Eleyne shrugged. ‘It did not matter to me what sex the child was. She is healthy and baptised.’
‘So caring a mother!’ He bent over the cradle and lifted out the swaddled bundle. ‘At least it’s obvious that she is mine.’ The baby’s hair was thick and dark, her eyes set close above the small nose. ‘Where is Joanna?’ When he had come to Fotheringhay the sum mer before, he had not once asked to see his daughter.
Eleyne tensed. ‘Somewhere with her nurses,’ she said guardedly.
‘Don’t you know?’ His tone was half accusing, half mocking.
‘Of course I know. She’s safe with them.’ Eleyne was suddenly afraid. She did not want him to see her beautiful daughter; did not want him to have any claim over the child at all.
‘I hope so.’ He put the baby down.
She dreaded his appearance at her bedside that night, but he did not come. She lay awake, afraid to close her eyes, but her night was undisturbed.
When Rhonwen came to her in the morning, her eyes were glittering with hatred. ‘He has taken the little one.’

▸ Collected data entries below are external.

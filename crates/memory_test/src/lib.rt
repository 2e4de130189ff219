// The memory test: all memory rules.
#![tactic(auto)]

ghost use Rattle.std.specs.Prelude.{◌≡◌, length};
ghost use Rattle.spec_rules.specs.Contents.{decode};
ghost use Rattle.spec_rules.specs.Test.{rules_hold};
ghost use Rattle.segment_test.specs.Count.{Counts};

use layout::MARKS;
use view_steps::PLACED;

// How many segments are held, where all memory rules hold. They are counted once, ahead of every loop over task records.
fn test_and_count(m: &[u32]) -> Option<u32>
    requires { length m.now ≡ 16384 }
    ensures { Counts (decode m.now) (rules_hold m.now) result }
{
    if !tree_test::in_range(memory::length_of(m, 0), memory::number(m)) {
        return None;
    }
    let mut d = [0u8; 256];
    let held = segment_test::count_held(&mut d, m)?;
    // The walk over the views starts with the free segments placed.
    let mut w = [0u32; 12];
    w[PLACED] = memory::number(m) - held;
    if !tree_test::top_ok(m) {
        return None;
    }
    if !tree_test::idle_ok(m) {
        return None;
    }
    let k = MARKS - 2 * memory::free_tasks(m);
    let mut xs = [0u32; 256];
    if !tree_test::tree_ok(m, &mut xs, k) {
        return None;
    }
    let e = k as usize;
    if !view_test::views_hold(&mut d, &mut w, m, &xs[0..e]) {
        return None;
    }
    Some(held)
}

// All memory rules hold.
pub fn rules_hold(m: &[u32]) -> bool
    requires { length m.now ≡ 16384 }
    ensures { result ≡ rules_hold m.now }
{
    test_and_count(m).is_some()
}
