//! Words read as rows: a row's sources as a part of the merge list, steps and rows by their number,
//! and rotation rows as a slice of structs.

ghost use Rattle.std.specs.Prelude.{◌≡◌, length};
ghost use Rattle.words.specs.Lists.{part_of};
ghost use Rattle.plan_rows.specs.Exact.{StepsComeBack, RotationsComeBack, MeasurementsComeBack};
ghost use Rattle.plan_rows.specs.Reading.{row_read, step_at, rotation_at, measurement_at, rotation_or_zero, filled_rows};

use crate::{MeasurementRow, RotationRow, Row, Step};

/// The part of the merge list from offset on, of count words; where it runs past the end, an empty
/// part.
pub fn merge_sources(merges: &[u64], offset: u64, count: u64) -> &[u64]
    ensures { result.now ≡ part_of merges.now offset count }
{
    match merges.get(offset as usize..) {
        Some(rest) => rest.get(..count as usize).unwrap_or(&[]),
        None => &[],
    }
}

/// The row of a number, or none past the last whole row.
pub fn read<R: Row>(rows: &[u64], number: u64) -> Option<R>
    ensures { result ≡ row_read R.WORDS R.value rows.now number }
{
    let at = R::WORDS.checked_mul(number as usize)?;
    let row = rows.get(at..)?.get(..R::WORDS)?;
    Some(R::from_words(row))
}

/// What `read` gives at the three types: the step, rotation or measurement of the number.
pub fn reads()
    ensures steps { let row = ⟦<Step as Row>⟧ in
        row_read row.WORDS row.value ≡ step_at }
    ensures rotations { let row = ⟦<RotationRow as Row>⟧ in
        row_read row.WORDS row.value ≡ rotation_at }
    ensures measurements { let row = ⟦<MeasurementRow as Row>⟧ in
        row_read row.WORDS row.value ≡ measurement_at }
{}

/// A row that is written is read back as it was, where binary64 holds its floats.
pub fn reads_back()
    ensures steps { StepsComeBack }
    ensures rotations { RotationsComeBack }
    ensures measurements { MeasurementsComeBack }
{}

// Rotation row i, or the row of zeros past the last whole row.
fn rotation_or_zero(rotations: &[u64], i: usize) -> RotationRow
    ensures { result ≡ rotation_or_zero rotations.now i }
{
    read(rotations, i as u64).unwrap_or(RotationRow::from_words(&[]))
}

/// Fills a lent slice of row structs: struct i has the values of row i, and a struct past the last
/// row is all zero.
pub fn fill_rotation_rows(rotations: &[u64], rows: &mut [RotationRow])
    ensures { rows.new ≡ filled_rows (length rows.old) rotations.now }
{
    for i in 0..rows.len() {
        rows[i] = rotation_or_zero(rotations, i);
    }
}
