//! Plans the reference circuits of document 01, whose ceiling is 62, and prints the scalar fields of each plan, or its refusal.
#![tactic(auto)]

use answer::ActiveComponentPlan;
use component_plan::build_active_component_plan;
use plan_buffers::StoredOutputs;
use records::Head;
use refusals::Refusal;
use std::num::saturating_f64_to_u64;
use std::{fmt, io};

// The float 1 as a word.
const ONE: u64 = 0x3ff0_0000_0000_0000;

// The ceiling of document 01's circuits.
const CEILING: u64 = 62;

// A circuit of at most two records.
#[derive(Clone, Copy, Debug, PartialEq, Eq)]
struct Circuit {
    name: &'static str,
    initial_k: u64,
    max_k: u64,
    nexpvals: u64,
    records: &'static [u64],
}

// Document 01's circuits.
static CIRCUITS: [Circuit; 12] = [
    Circuit {
        name: "max_k 62",
        initial_k: 0,
        max_k: 62,
        nexpvals: 0,
        records: &[],
    },
    Circuit {
        name: "max_k 61, nexpvals 1",
        initial_k: 0,
        max_k: 61,
        nexpvals: 1,
        records: &[],
    },
    Circuit {
        name: "initial 0, rotation of width 0",
        initial_k: 0,
        max_k: 8,
        nexpvals: 0,
        records: &[0, 0, 0, 0, 0, 0, 0, ONE],
    },
    Circuit {
        name: "initial 3, rotation x = 5",
        initial_k: 3,
        max_k: 8,
        nexpvals: 0,
        records: &[0, 3, 5, 0, 0, 0, 0, ONE],
    },
    Circuit {
        name: "then measurement z = 6, pivot 2",
        initial_k: 3,
        max_k: 8,
        nexpvals: 0,
        records: &[0, 3, 5, 0, 0, 0, 0, ONE, 4, 3, 0, 6, 0, 2, 0, 0],
    },
    Circuit {
        name: "initial 2, measurement with masks 0, pivot 0",
        initial_k: 2,
        max_k: 8,
        nexpvals: 0,
        records: &[4, 2, 0, 0, 0, 0, 0, 0],
    },
    Circuit {
        name: "initial 2, measurement with masks 0, pivot 1",
        initial_k: 2,
        max_k: 8,
        nexpvals: 0,
        records: &[4, 2, 0, 0, 0, 1, 0, 0],
    },
    Circuit {
        name: "initial 1, rotation x = 2",
        initial_k: 1,
        max_k: 8,
        nexpvals: 0,
        records: &[0, 1, 2, 0, 0, 0, 0, ONE],
    },
    Circuit {
        name: "initial 1, measurement z = 1, phase 1",
        initial_k: 1,
        max_k: 8,
        nexpvals: 0,
        records: &[4, 1, 0, 1, 1, 0, 0, 0],
    },
    Circuit {
        name: "initial 1, measurement z = 1, phase 2",
        initial_k: 1,
        max_k: 8,
        nexpvals: 0,
        records: &[4, 1, 0, 1, 2, 0, 0, 0],
    },
    Circuit {
        name: "initial 62, rotation x = 2^62 - 1",
        initial_k: 62,
        max_k: 8,
        nexpvals: 0,
        records: &[0, 62, 0x3fff_ffff_ffff_ffff, 0, 0, 0, 0, ONE],
    },
    Circuit {
        name: "initial 61, rotation x = 2^61 - 1",
        initial_k: 61,
        max_k: 8,
        nexpvals: 0,
        records: &[0, 61, 0x1fff_ffff_ffff_ffff, 0, 0, 0, 0, ONE],
    },
];

// The line of an answer: the eight scalar fields, in order, or the refusal. A work is a whole number in every circuit here.
#[derive(Clone, Copy, Debug, PartialEq)]
struct Line(Result<ActiveComponentPlan, Refusal>);

impl fmt::Display for Line {
    fn fmt<W: fmt::Write>(&self, f: &mut fmt::Formatter<W>) -> fmt::Result {
        match self.0 {
            Ok(plan) => write!(
                f,
                "{}, components {} to {}, works {} and {}, dense peak {}, peak {}, allocated {}",
                choice(plan),
                plan.initial_components,
                plan.component_count,
                saturating_f64_to_u64(plan.estimated_dense_work),
                saturating_f64_to_u64(plan.estimated_component_work),
                plan.dense_peak_dimension,
                plan.component_peak_live_dimension,
                plan.component_allocated_dimension
            ),
            Err(refusal) => write!(f, "{refusal}"),
        }
    }
}

// Whether a plan is selected, in a word.
fn choice(plan: ActiveComponentPlan) -> &'static str {
    if plan.selected {
        "selected"
    } else {
        "unselected"
    }
}

// Plans one circuit.
fn plan(circuit: &Circuit) -> Result<ActiveComponentPlan, Refusal> {
    let head = Head {
        initial_k: circuit.initial_k,
        max_k: circuit.max_k,
        nexpvals: circuit.nexpvals,
        ceiling: CEILING,
    };
    let mut out = StoredOutputs {
        steps: &mut [7; 4],
        merges: &mut [7; 514],
        sizes: &mut [7; 512],
        rotations: &mut [7; 42],
        promotions: &mut [7; 2],
        measurements: &mut [7; 38],
    };
    build_active_component_plan(head, circuit.records, &mut out, &mut [7; 1024])
}

fn main(rt: HostRuntime) -> io::Result<()> {
    for circuit in &CIRCUITS {
        println!(rt; "{}: {}", circuit.name, Line(plan(circuit)))?;
    }
    Ok(())
}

‘Taken?’ Though still half asleep, the word slammed into Eleyne’s brain. She pushed herself upright in the bed and peered into the cradle.
‘Not the baby, cariad, Joanna. He has taken Joanna.’ Rhonwen’s voice broke.
‘Sweet Mother of God!’ At Eleyne’s desperate cry, Hawisa began to sob, but her mother ignored her. Flinging her cloak around her shoulders, she was halfway to the door before Rhonwen stopped her. ‘It’s no use; they’re long gone. He took her in the night. Little Sarah Curthose tried to stop him and had her face beaten to pulp for her pains.’
‘He’ll have taken Joanna to London.’ Eleyne’s breasts ached as the baby cried. Scooping Hawisa into the crook of her arm, she opened the front of her shift and felt the usual sharp wince of pain as the small mouth clamped on to her nipple. ‘We’ll go after him. Now, as soon as the horses are made ready.’ Her face was bleak. ‘See to it for me, Rhonwen.’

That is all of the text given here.